11. Practice gratitude
Find reasons in your life to be grateful. This starts small with a checklist of three things you found to be grateful for today. From there, you can start trying to find something positive about every negative thing you experience.
These sources of gratitude can be small and they should be unique to the day. Get specific with them and really enjoy sharing them with yourself. You can even turn this into a journaling practice where you write down why you’re grateful.
Share them with someone else, especially if they made you grateful. You’ll see how good it will make them feel and it’ll make your day even better.
12. Volunteer or help others
Make time in your day to help out. Help friends, family, people in your community. You can cook for an elderly neighbor or go to the local animal shelter and help out.
Find a soup kitchen near you to serve or do a beach cleanup. No matter how little time you have, you’ll be surprised how much joy you’ll get from opening up even an hour a month to someone in need. And, remember, you get to define need however you’d like.
13. Establish a routine
Use some type of planner (digital, paper, etc.) to create the perfect routine. The perfect routine might have some leeway depending on the day and how much energy you have, but it should also give you an idea how to spend your time.
The purpose of a routine is comfort and control, which are crucial when thinking about tips for mental health and wellbeing.
When you have a to-do list than never becomes and to-done list, you might use a routine to get that stuff done by scheduling it in. A routine can help you eat at regular times, work ahead of deadlines, and sleep a good amount.
Try time-blocking your schedule into sections that focus on different tasks or provide yourself an organized list that tells you the order to do things in your day from waking up to going to sleep.

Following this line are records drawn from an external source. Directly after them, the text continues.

//! Why a round has no weight certificate, and which way out of it fits, in words.

use crate::known::{Flow, block_of, name_of, put_parameter_of};
use gw_object::{Block, Memory, Mode, Operand};
use gw_rounds::{Cause, Hindrance};
use gw_writing::{put, put_number};

/// A parameter, as an ASSIGN names it.
fn put_name_of(out: &mut Vec<u8>, flow: Flow<'_>, parameter: u8) -> Result<(), Memory> {
    match name_of(flow.names, parameter) {
        Some(name) => put(out, name),
        None => put_number(out, "", parameter),
    }
}

/// The block that keeps weights from counting.
fn block_by(by: Hindrance) -> u16 {
    match by {
        Hindrance::ChangedWithin(block)
        | Hindrance::ChangedBefore(block)
        | Hindrance::MembersCome(block)
        | Hindrance::CopiesCome(block)
        | Hindrance::CopiesWithin(block)
        | Hindrance::OtherCounter(block, _)
        | Hindrance::TooMany(block) => block,
    }
}

/// The blocks that a cause names, by their numbers from 1; 0 stands for none.
pub(crate) fn named_blocks(cause: Cause) -> [u16; 2] {
    match cause {
        Cause::Endless => [0, 0],
        Cause::SendsBack(block) | Cause::MayTakeNone(block) => [block, 0],
        Cause::OtherCall { transfer, call } => [transfer, call],
        Cause::Members { link, unlink } => [link, unlink],
        Cause::Hindered { counter, by, .. } => [counter, block_by(by)],
    }
}

/// What a block does to the parameter that it changes: the words before that and behind it.
fn change_by(block: Option<&Block>) -> (&'static str, &'static str) {
    match block {
        Some(Block::Assign(assign)) => match (assign.mode, assign.value) {
            (Mode::Set, Operand::Constant(_)) => (" sets ", " anew\n"),
            (Mode::Set, _) => (" sets ", " to what is no plain number\n"),
            (Mode::Add, _) => (" adds to ", "\n"),
            (Mode::Subtract, _) => (" subtracts from ", "\n"),
        },
        Some(Block::Mark(_)) => (" sets ", " to the clock\n"),
        Some(Block::Plus(_)) => (" sets ", " to what it evaluates\n"),
        Some(Block::TransferToSubroutine(_)) => {
            (" keeps in ", " where a subroutine goes back to\n")
        }
        _ => (" changes ", "\n"),
    }
}

/// That a block changes the parameter of a LOOP, and how.
fn put_change(
    out: &mut Vec<u8>,
    flow: Flow<'_>,
    parameter: u8,
    block: u16,
    place: &str,
) -> Result<(), Memory> {
    let (before, behind) = change_by(block_of(flow.parts.blocks.as_slice(), block));
    put_number(out, ", and block ", block)?;
    put(out, place)?;
    put(out, before)?;
    put_parameter_of(out, flow.names, parameter)?;
    put(out, behind)
}

/// That a block stands in the way, and how.
fn put_other(out: &mut Vec<u8>, block: u16, how: &str) -> Result<(), Memory> {
    put_number(out, ", and block ", block)?;
    put(out, how)
}

/// How many entries a round of a LOOP counts for, which is how many blocks there are.
fn put_entries(out: &mut Vec<u8>, flow: Flow<'_>) -> Result<(), Memory> {
    let count = flow.parts.blocks.as_slice().len();
    put_number(out, ": each round counts for ", count)?;
    put(
        out,
        " entries of blocks, and before time passes there may be 1,000,000,000 at most\n",
    )
}

/// What keeps weights from counting the rounds of a LOOP.
fn put_hindrance(
    out: &mut Vec<u8>,
    flow: Flow<'_>,
    parameter: u8,
    by: Hindrance,
) -> Result<(), Memory> {
    match by {
        Hindrance::ChangedWithin(block) => {
            put_change(out, flow, parameter, block, ", on the round too,")
        }
        Hindrance::ChangedBefore(block) => put_change(out, flow, parameter, block, ""),
        Hindrance::MembersCome(block) => put_other(
            out,
            block,
            " sends members of a user chain there, with any number in it\n",
        ),
        Hindrance::CopiesCome(block) => {
            put_other(out, block, " sends copies there, which go round as often\n")
        }
        Hindrance::CopiesWithin(block) => put_other(
            out,
            block,
            ", on the round too, makes copies, which may be too many for each round\n",
        ),
        Hindrance::OtherCounter(block, other) => {
            put_number(out, ", and block ", block)?;
            put(out, " as often as ")?;
            put_parameter_of(out, flow.names, other)?;
            put(out, " says: one parameter alone can count rounds\n")
        }
        Hindrance::TooMany(_) => put_entries(out, flow),
    }
}

/// By which parameter a LOOP goes back, and what keeps weights from counting by it.
fn put_hindered(
    out: &mut Vec<u8>,
    flow: Flow<'_>,
    counter: u16,
    parameter: u8,
    by: Hindrance,
) -> Result<(), Memory> {
    put_number(out, "known: block ", counter)?;
    put(out, " goes back as often as ")?;
    put_parameter_of(out, flow.names, parameter)?;
    put(out, " says")?;
    put_hindrance(out, flow, parameter, by)
}

/// Why a round has no certificate, in a line; of one on which nothing counts, and nothing waits, no more is said.
pub(crate) fn put_cause(out: &mut Vec<u8>, flow: Flow<'_>, cause: Cause) -> Result<(), Memory> {
    match cause {
        Cause::Endless => Ok(()),
        Cause::SendsBack(block) => {
            put_number(out, "known: block ", block)?;
            put(out, " sends back at once whom it doesn't let in\n")
        }
        Cause::MayTakeNone(block) => {
            put_number(out, "known: the ADVANCE of block ", block)?;
            put(out, " may take no time\n")
        }
        Cause::OtherCall { transfer, call } => {
            put_number(out, "known: block ", transfer)?;
            put_number(
                out,
                " may go back to behind any call of its subroutine, as behind block ",
                call,
            )?;
            put(out, ", so that one call behind another makes a round\n")
        }
        Cause::Members { link, unlink } => {
            put_number(out, "known: members whom block ", unlink)?;
            put_number(
                out,
                " lets go may join the user chain again at block ",
                link,
            )?;
            put(out, "\n")
        }
        Cause::Hindered {
            counter,
            parameter,
            by,
        } => put_hindered(out, flow, counter, parameter, by),
    }
}

/// That a parameter is to be set otherwise.
fn put_setting(out: &mut Vec<u8>, flow: Flow<'_>, parameter: u8, how: &str) -> Result<(), Memory> {
    put(out, "here: set ")?;
    put_parameter_of(out, flow.names, parameter)?;
    put(out, how)
}

/// That a parameter is to be set to a plain number somewhere, as by such an ASSIGN.
fn put_constant(
    out: &mut Vec<u8>,
    flow: Flow<'_>,
    parameter: u8,
    place: &str,
) -> Result<(), Memory> {
    put_setting(out, flow, parameter, " to a plain number ")?;
    put(out, place)?;
    put(out, ", as ASSIGN ")?;
    put_name_of(out, flow, parameter)?;
    put(out, ",3")
}

/// The way out for a LOOP whose rounds weights can't count.
fn put_way_to_count(
    out: &mut Vec<u8>,
    flow: Flow<'_>,
    parameter: u8,
    by: Hindrance,
) -> Result<(), Memory> {
    match by {
        Hindrance::ChangedWithin(_) => {
            let how = " to a plain number before the round, and let nothing else on it change it";
            put_setting(out, flow, parameter, how)
        }
        Hindrance::ChangedBefore(_) => {
            put_constant(out, flow, parameter, "before the round")?;
            let most = ", or to the most rounds that there can be, and leave the round by a TEST";
            put(out, most)
        }
        Hindrance::MembersCome(_) => {
            put_constant(out, flow, parameter, "where they come, before the round")
        }
        Hindrance::CopiesCome(block) => {
            put_number(out, "here: let block ", block)?;
            put(out, " stand before ")?;
            put_parameter_of(out, flow.names, parameter)?;
            put(out, " is set, or send its copies elsewhere")
        }
        Hindrance::CopiesWithin(block) => {
            put_number(out, "here: let block ", block)?;
            put(out, " make fewer copies")
        }
        Hindrance::OtherCounter(_, _) => {
            put(
                out,
                "here: where the one round is behind the other, count both by ",
            )?;
            put_parameter_of(out, flow.names, parameter)
        }
        Hindrance::TooMany(_) => {
            let how = " to a smaller number, or let fewer copies come to the round";
            put_setting(out, flow, parameter, how)
        }
    }
}

/// The way out of a round that fits, in a line.
pub(crate) fn put_way_out(out: &mut Vec<u8>, flow: Flow<'_>, cause: Cause) -> Result<(), Memory> {
    match cause {
        Cause::Endless => put(
            out,
            "here: let an ADVANCE that takes at least 1, as ADVANCE 1, stand on this round; waiting at another block counts as no time.\n",
        ),
        Cause::SendsBack(block) => {
            put_number(out, "here: leave out the label at the end of block ", block)?;
            put(
                out,
                ", so that they wait there; or let an ADVANCE that takes at least 1 stand on the way back.\n",
            )
        }
        Cause::MayTakeNone(block) => {
            put_number(out, "here: let block ", block)?;
            put(
                out,
                " take at least 1 for sure, as ADVANCE 3,2 does: two plain numbers, and the second is less; or let an ADVANCE 1 stand beside it.\n",
            )
        }
        Cause::OtherCall { .. } => put(
            out,
            "here: let an ADVANCE that takes at least 1 stand in the subroutine or between its calls; or write its blocks out in place of a call.\n",
        ),
        Cause::Members { link, unlink } => {
            put_number(out, "here: ask before block ", unlink)?;
            put_number(
                out,
                " whether they may go on, so that none joins again; or let an ADVANCE that takes at least 1 stand before block ",
                link,
            )?;
            put(out, ".\n")
        }
        Cause::Hindered { parameter, by, .. } => {
            put_way_to_count(out, flow, parameter, by)?;
            put(
                out,
                "; or let an ADVANCE that takes at least 1 stand on the round.\n",
            )
        }
    }
}
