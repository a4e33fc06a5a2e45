//! Accepted objects, as they are printed.

ghost use Rattle.std.specs.Prelude.{Some};
ghost use Rattle.gw_answers.specs.Acceptance.{accepted_text};

use std::fmt;

/// An accepted object, which prints as `accepted N blocks P procedures weight W`, of which W is the greatest weight of a block.
#[derive(Drop)]
pub struct Acceptance {
    /// How many blocks it has.
    pub blocks: u16,
    /// How many procedures it has.
    pub procedures: u16,
    /// The greatest weight of a block, or 0 where it has none.
    pub weight: u32,
}

impl fmt::Display for Acceptance {
    ghost output = { λ a. Some (accepted_text a.blocks a.procedures a.weight) };

    fn fmt<W: fmt::Write>(&self, f: &mut fmt::Formatter<W>) -> fmt::Result {
        let blocks = self.blocks;
        let procedures = self.procedures;
        let weight = self.weight;
        write!(
            f,
            "accepted {blocks} blocks {procedures} procedures weight {weight}"
        )
    }
}
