//! What is known at the place of a fault, in words: of a transaction there, or of a round on which no time passes.

use crate::known::{Flow, put_at};
use crate::lines::Text;
use crate::rounds::{Origin, put_round};
use crate::slopes::put_slope;
use gw_kinds::check_kinds;
use gw_names::{Known, Ledger, known_names};
use gw_object::{Fault, Memory, Object, Parts, codes};
use gw_object_bytes::{build, read};
use gw_pieces::parts_of;
use gw_rules::flow_codes::{OVER_CAPACITY, UNSET_PARAM};
use gw_rules::weights_codes::{CHAIN_WEIGHT, SLOPE_PARAM, WEIGHT_EDGE};
use gw_settle::{Written, table_of};
use gw_text::Model;
use indexmap::IndexMap;
use std::alloc::Global;
use std::mem;

/// Whether a fault is one of flow.
fn is_of_flow(fault: Fault) -> bool {
    UNSET_PARAM <= fault.code && fault.code <= OVER_CAPACITY
}

/// Whether a fault is one of weights that a round may bring.
fn is_of_rounds(fault: Fault) -> bool {
    fault.code == WEIGHT_EDGE || fault.code == CHAIN_WEIGHT
}

/// Whether something is known of a fault.
fn is_known(fault: Fault) -> bool {
    is_of_flow(fault) || is_of_rounds(fault) || fault.code == SLOPE_PARAM
}

/// What is known at the place of a fault.
fn put_facts(
    alloc: Global,
    out: &mut Vec<u8>,
    flow: Flow<'_>,
    text: &Text<'_>,
    origin: Origin,
    fault: Fault,
) -> Result<(), Memory> {
    if is_of_flow(fault) {
        put_at(alloc, out, flow, fault)
    } else if is_of_rounds(fault) {
        put_round(alloc, out, flow, text, origin, fault.place)
    } else {
        put_slope(out, flow, fault.place)
    }
}

/// Puts a state table in the place of that of parts.
fn put_table(parts: &mut Parts, table: Written) {
    let Written {
        returns,
        states,
        chain_states,
    } = table;
    parts.returns = returns;
    parts.states = states;
    parts.chain_states = chain_states;
}

/// The parts that a model becomes, with the assembler's state table, if there is one.
fn settled_parts(alloc: Global, object: Object) -> Result<Option<Parts>, Memory> {
    if check_kinds(&object).is_err() {
        drop(object);
        return Ok(None);
    }
    match table_of(alloc, object.parts()) {
        Ok(table) => {
            let mut parts = object.into_parts();
            put_table(&mut parts, table);
            Ok(Some(parts))
        }
        Err(refusal) => {
            drop(object);
            none_unless_memory(refusal)
        }
    }
}

/// Nothing more is said where something else is refused, unless memory ran out.
fn none_unless_memory(fault: Fault) -> Result<Option<Parts>, Memory> {
    if fault.code == codes::MEMORY {
        Err(Memory)
    } else {
        Ok(None)
    }
}

/// The parameters of what is known of names; the rest is let go.
fn taken_parameters(alloc: Global, mut known: Known) -> IndexMap<String, u8> {
    let parameters = mem::replace(&mut known.parameters, IndexMap::new(alloc));
    drop(known);
    parameters
}

/// The numbers of the parameters that have names.
fn parameter_names(alloc: Global, model: &Model) -> Result<IndexMap<String, u8>, Memory> {
    match known_names(alloc, model.statements.as_slice(), &mut Ledger::new()) {
        Ok(known) => Ok(taken_parameters(alloc, known)),
        Err(_) => Err(Memory),
    }
}

/// The same, where these are the parts that it becomes, without a state table.
fn settled_of(alloc: Global, parts: Parts) -> Result<Option<Parts>, Memory> {
    match build(parts).ok() {
        Some(object) => settled_parts(alloc, object),
        None => Ok(None),
    }
}

/// The parts that a model becomes, with the assembler's state table, if there are such.
fn parts_in_model(alloc: Global, model: &Model) -> Result<Option<Parts>, Memory> {
    match parts_of(alloc, model) {
        Ok(parts) => settled_of(alloc, parts),
        Err(refusal) => none_unless_memory(refusal),
    }
}

/// What is known of these parts, where a model gives names to parameters.
fn put_named(
    alloc: Global,
    out: &mut Vec<u8>,
    model: &Model,
    text: &Text<'_>,
    parts: &Parts,
    fault: Fault,
) -> Result<(), Memory> {
    let names = parameter_names(alloc, model)?;
    let flow = Flow {
        parts,
        names: &names,
    };
    let put = put_facts(alloc, out, flow, text, Origin::Model, fault);
    drop(names);
    put
}

/// What is known at the place of a fault of flow or of weights in a model with these lines; of another fault nothing.
pub(crate) fn known_in_model(
    alloc: Global,
    model: &Model,
    text: &Text<'_>,
    fault: Fault,
) -> Result<Vec<u8>, Memory> {
    let mut out = Vec::new(alloc);
    if !is_known(fault) {
        return Ok(out);
    }
    if let Some(parts) = parts_in_model(alloc, model)? {
        let put = put_named(alloc, &mut out, model, text, &parts, fault);
        drop(parts);
        put?;
    }
    Ok(out)
}

/// What is known in an object, by its own state table.
fn put_by_object(
    alloc: Global,
    out: &mut Vec<u8>,
    parts: &Parts,
    fault: Fault,
) -> Result<(), Memory> {
    let names = IndexMap::new(alloc);
    let flow = Flow {
        parts,
        names: &names,
    };
    let none = Text {
        lines: &[],
        blocks: &[],
    };
    let put = put_facts(alloc, out, flow, &none, Origin::Object, fault);
    drop(names);
    put
}

/// What is known at the place of a fault of flow or of weights in the object that bytes spell; parameters have no names there.
pub(crate) fn known_in_object(
    alloc: Global,
    input: &[u8],
    fault: Fault,
) -> Result<Vec<u8>, Memory> {
    let mut out = Vec::new(alloc);
    if !is_known(fault) {
        return Ok(out);
    }
    match read(alloc, input) {
        Ok(object) => {
            let put = put_by_object(alloc, &mut out, object.parts(), fault);
            drop(object);
            put?
        }
        Err(refusal) => {
            none_unless_memory(refusal)?;
        }
    }
    Ok(out)
}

14. Engage in positive self-talk
Notice the negative talk first. Notice when you’re hard on yourself or beating yourself up and start here. Once you get pretty good at noticing it, start making it clear that these are not your thoughts. These are the thoughts of your insecurity or anxiety.
You would never talk that way about a friend, so find ways to disagree with it. Challenge those negative thoughts and replace them with positive ones. Affirm yourself and remind yourself you’re doing okay.
Be kind and encouraging, like you would with someone you care about outside of yourself.
15. Practice forgiveness
Grudges can feel really satisfying, especially when you can continually prod them. You can bring up a snide comment to make someone instantly feel bad about something they did.
But, if we’re being honest, it doesn’t make you feel good. If anything, it makes the bad thing they did feel a little less bad for the moment.
Your friend and family member might not deserve forgiveness, but you deserve not to be dealing with that grudge on top of the pain they caused. You may never talk to them again or let them into your life, and yet you can still forgive them because you deserve that for yourself.
This goes for you too. Forgive yourself because you can trust and believe in yourself to do better. Beating yourself up is easy to do to make the situation feel less bad, but it really doesn’t solve anything and it hurts.
16. Take breaks and rest
Give yourself time off. Travel, go to the park and get in some nature, or stay in bed when you normally wouldn’t. Rest is the only way you can be at your best the rest of the time.
So, recharge when you’re feeling like you need the time. You deserve time to come back and be your best self. When you’re functioning at half of what you normally can do, you’re doing a disservice to yourself. Take that break.
17. Engage in intellectual stimulation
Do something a little different. Try out an escape room or download a puzzle app. Try Sudoku or do a crossword. Find puzzle activities that get you out of your comfort zone and addicted to trying something new.
Try a new activity that challenges you and engages your mind. Think of writing a story or redesigning a space in your home completely DIY.